Phrynobatrachus africanus
- Conservation status: Least Concern (IUCN 3.1)

Scientific classification
- Kingdom: Animalia
- Phylum: Chordata
- Class: Amphibia
- Order: Anura
- Family: Phrynobatrachidae
- Genus: Phrynobatrachus
- Species: P. africanus
- Binomial name: Phrynobatrachus africanus (Hallowell, 1858)
- Synonyms: Heteroglossa africana Hallowell, 1858 "1857" ; Arthroleptis africana (Hallowell, 1858) ; Arthroleptis gabonensis Mocquard, 1897 ; Arthroleptis verrucosus Werner, 1898 ; Phrynobatrachus latirostris Boulenger, 1900 ; Dimorphognathus africanus (Hallowell, 1858) ;

= Phrynobatrachus africanus =

- Authority: (Hallowell, 1858)
- Conservation status: LC

Species of amphibian

Phrynobatrachus africanus (common name: African swamp frog) is a species of frog in the family Phrynobatrachidae. It is found in Cameroon, Gabon, Equatorial Guinea (including Bioko), southwestern Central African Republic, western Republic of the Congo, and north-central Democratic Republic of the Congo. Its range might extend into Nigeria. The IUCN SSC Amphibian Specialist Group, however, considers the limits of its range unknown and does not include the Democratic Republic of the Congo in the range.

==Description==
Adults grow to about 30 mm in snout–vent length. The overall appearance is moderately slender. The tympanum is distinct. The finger and toe tips bear small discs. The fingers have no webbing whereas the toes are moderately webbed. The dorsum is brown or greyish. There is dark brown blotching which becomes apparent under magnification. A dark triangular spot may be present between the eyes. Glandular folds have slightly darker edges. There are several chocolate colored spots or vertical bars on the upper jaws; males have brown lower lips with a series of small white spots. The hind limbs have bark brown (approaching a black) barring. The anal region is blackish, edged with whitish above. The ventral side is white, with brown spotting in the breast. Throat is dark grey in males but spotted with brown in females.

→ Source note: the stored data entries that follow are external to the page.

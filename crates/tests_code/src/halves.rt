//! One half and more for each row of the table, and halves that no row has.

use rv_decode::{decode, encode};
use rvc_expand::{decode_with_length, expand, length_of};

// A half, and the word of the instruction to which it expands, as an assembler gave them.
const EXPANSIONS: [(u16, u32); 38] = [
    (0x0048, 0x00410513), // c.addi4spn a0,sp,4
    (0x1fe0, 0x3fc10413), // c.addi4spn s0,sp,1020
    (0x5de8, 0x07c5a503), // c.lw a0,124(a1)
    (0x7de8, 0x0f85b503), // c.ld a0,248(a1)
    (0xc05c, 0x00f42223), // c.sw a5,4(s0)
    (0xe698, 0x00e6b423), // c.sd a4,8(a3)
    (0x0001, 0x00000013), // c.nop
    (0x1141, 0xff010113), // c.addi sp,-16
    (0x0ffd, 0x01ff8f93), // c.addi t6,31
    (0x357d, 0xfff5051b), // c.addiw a0,-1
    (0x52bd, 0xfef00293), // c.li t0,-17
    (0x7101, 0xe0010113), // c.addi16sp sp,-512
    (0x617d, 0x1f010113), // c.addi16sp sp,496
    (0x6505, 0x00001537), // c.lui a0,1
    (0x7d81, 0xfffe0db7), // c.lui s11,0xfffe0
    (0x917d, 0x03f55513), // c.srli a0,63
    (0x9481, 0x4204d493), // c.srai s1,32
    (0x9b81, 0xfe07f793), // c.andi a5,-32
    (0x8c09, 0x40a40433), // c.sub s0,a0
    (0x8db1, 0x00c5c5b3), // c.xor a1,a2
    (0x8ed9, 0x00e6e6b3), // c.or a3,a4
    (0x8fe5, 0x0097f7b3), // c.and a5,s1
    (0x9d0d, 0x40b5053b), // c.subw a0,a1
    (0x9e35, 0x00d6063b), // c.addw a2,a3
    (0xb001, 0x801ff06f), // c.j -2048
    (0xab99, 0x5560006f), // c.j 1366
    (0xcab9, 0x04068b63), // c.beqz a3,86
    (0xf081, 0xf00490e3), // c.bnez s1,-256
    (0x12fe, 0x03f29293), // c.slli t0,63
    (0x5ffe, 0x0fc12f83), // c.lwsp t6,252(sp)
    (0x7dfe, 0x1f813d83), // c.ldsp s11,504(sp)
    (0x8782, 0x00078067), // c.jr a5
    (0x8dfe, 0x01f00db3), // c.mv s11,t6
    (0x9002, 0x00100073), // c.ebreak
    (0x9502, 0x000500e7), // c.jalr a0
    (0x9116, 0x00510133), // c.add sp,t0
    (0xdfaa, 0x0ea12e23), // c.swsp a0,252(sp)
    (0xffee, 0x1fb13c23), // c.sdsp s11,504(sp)
];

// Halves just outside the rows.
const OUTSIDE: [u16; 16] = [
    0x0000, // no bits, as C.ADDI4SPN by 0
    0x2000, // a load of floating point
    0xa000, // a store of floating point
    0x8000, // funct3 4 in quadrant 0
    0x2001, // C.ADDIW without a register
    0x6101, // C.ADDI16SP by 0
    0x6081, // C.LUI of 0
    0x9c41, // one operation past C.ADDW
    0x9c61, // two operations past C.ADDW
    0x2002, // a load of floating point at sp
    0x4002, // C.LWSP without a register
    0x6002, // C.LDSP without a register
    0x8002, // C.JR without a register
    0xa002, // a store of floating point at sp
    0x0003, // the low two bits of an instruction of four bytes
    0xffff, // the same
];

fn all_are_expanded() -> bool {
    for (half, word) in EXPANSIONS.iter() {
        match expand(*half) {
            Some(instr) if encode(&instr) == *word => {}
            _ => return false,
        }
    }
    true
}

#[test]
fn rows(rt: HostRuntime) {
    assert!(rt; all_are_expanded());
}

fn none_is_expanded() -> bool {
    for half in OUTSIDE.iter() {
        if expand(*half).is_some() {
            return false;
        }
    }
    true
}

#[test]
fn outside(rt: HostRuntime) {
    assert!(rt; none_is_expanded());
}

// Words with lengths that stand for nothing.
const WRONG_LENGTHS: [(u32, u8); 3] = [(0x4515, 4), (0x1_4515, 2), (0x4515, 3)];

fn none_is_decoded() -> bool {
    for (word, length) in WRONG_LENGTHS.iter() {
        if decode_with_length(*word, *length).is_some() {
            return false;
        }
    }
    true
}

#[test]
fn both_lengths(rt: HostRuntime) {
    let five = decode(0x00500513);
    assert!(rt; length_of(0x15) == 2 && length_of(0x13) == 4);
    assert!(rt; decode_with_length(0x00500513, 4) == five && decode_with_length(0x4515, 2) == five);
    assert!(rt; none_is_decoded());
}
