//! Small files with the offsets at some of their points.

ghost use Rattle.std.specs.Prelude.{◌<◌};
ghost use Rattle.frame_offsets.specs.Frames.{AreOffsetsOf};

use crate::points::points_of;
use flow_points::Points;
use frame_offsets::{Offsets, offsets};
use std::alloc::Global;

const RA: u8 = 1;

const SP: u8 = 2;

const T0: u8 = 5;

const S0: u8 = 8;

const S11: u8 = 27;

const EBREAK: u32 = 0x00100073;

/// The offset of a register at a point, None where there is no such point.
fn offset_of(
    points: &Points,
    offsets: &Offsets,
    place: (u64, u64),
    register: u8,
) -> Option<Option<i64>>
    requires offsets { AreOffsetsOf points.now offsets.now }
    requires register { register < 32 }
{
    let point = points.find(place.0, place.1)?;
    Some(offsets.at(point, register))
}

/// Files, with the offsets of registers at some of their points, each by its procedure and its address.
const FILES: [(&[u32], &[((u64, u64), u8, Option<i64>)]); 6] = [
    // jal ra,8; ebreak; addi sp,sp,-16; sd ra,8(sp); beq a0,zero,8; jal ra,-12; ld ra,8(sp);
    // addi sp,sp,16; jalr zero,0(ra)
    (
        &[
            0x008000ef, EBREAK, 0xff010113, 0x00113423, 0x00050463, 0xff5ff0ef, 0x00813083,
            0x01010113, 0x00008067,
        ],
        &[
            ((0x10080, 0x10080), SP, Some(0)),
            ((0x10080, 0x10088), SP, Some(-16)),
            ((0x10080, 0x10090), SP, Some(-16)),
            ((0x10080, 0x10098), SP, Some(0)),
            ((0x10080, 0x10080), RA, None),
            ((0x10080, 0x10098), RA, None),
        ],
    ),
    // addi s0,sp,8; addi s0,s0,-24; ebreak
    (
        &[0x00810413, 0xfe840413, EBREAK],
        &[
            ((0x10078, 0x10078), S0, None),
            ((0x10078, 0x1007c), S0, Some(8)),
            ((0x10078, 0x10080), S0, Some(-16)),
        ],
    ),
    // addi sp,sp,-16; bne a0,a1,-4; ebreak
    (
        &[0xff010113, 0xfeb51ee3, EBREAK],
        &[
            ((0x10078, 0x10078), SP, None),
            ((0x10078, 0x10080), SP, None),
        ],
    ),
    // beq a0,zero,12; addi sp,sp,-16; jal zero,8; addi sp,sp,-16; ebreak
    (
        &[0x00050663, 0xff010113, 0x0080006f, 0xff010113, EBREAK],
        &[((0x10078, 0x10088), SP, Some(-16))],
    ),
    // the same with addi sp,sp,16 on the other way
    (
        &[0x00050663, 0xff010113, 0x0080006f, 0x01010113, EBREAK],
        &[
            ((0x10078, 0x10084), SP, Some(0)),
            ((0x10078, 0x10088), SP, None),
        ],
    ),
    // addi s0,sp,8; addi s11,sp,-8; addi t0,sp,16; jal ra,8; ebreak; jalr zero,0(ra)
    (
        &[
            0x00810413, 0xff810d93, 0x01010293, 0x008000ef, EBREAK, 0x00008067,
        ],
        &[
            ((0x10078, 0x10084), T0, Some(16)),
            ((0x10078, 0x10088), T0, None),
            ((0x10078, 0x10088), S0, Some(8)),
            ((0x10078, 0x10088), S11, Some(-8)),
            ((0x10078, 0x10088), SP, Some(0)),
        ],
    ),
];

fn are_offsets(
    points: &Points,
    offsets: &Offsets,
    expected: &[((u64, u64), u8, Option<i64>)],
) -> bool
    requires offsets { AreOffsetsOf points.now offsets.now }
{
    for (place, register, offset) in expected {
        if offset_of(points, offsets, *place, *register % 32) != Some(*offset) {
            return false;
        }
    }
    true
}

fn have_offsets(
    alloc: Global,
    points: &Points,
    expected: &[((u64, u64), u8, Option<i64>)],
) -> bool {
    match offsets(alloc, points) {
        Ok(offsets) => are_offsets(points, &offsets, expected),
        Err(_) => false,
    }
}

fn has_offsets(alloc: Global, words: &[u32], expected: &[((u64, u64), u8, Option<i64>)]) -> bool {
    match points_of(alloc, words) {
        Ok(points) => have_offsets(alloc, &points, expected),
        Err(_) => false,
    }
}

fn all_have_their_offsets(alloc: Global) -> bool {
    for (words, expected) in FILES.iter() {
        if !has_offsets(alloc, words, expected) {
            return false;
        }
    }
    true
}

#[test]
fn offsets_of_all_walks(rt: HostRuntime) {
    assert!(rt; all_have_their_offsets(rt.alloc()));
}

==Habitat and conservation==
Phrynobatrachus africanus occurs in lowland swampy forests. It can survive in somewhat degraded forests, but not in open habitats outside forest. Males call from cavities and holes near streams. Breeding takes place in pools with standing water along streams.

It is a very common species. It can be negatively affected by loss of its forest habitat caused by logging, agricultural encroachment, and human settlements. It occurs in several protected areas.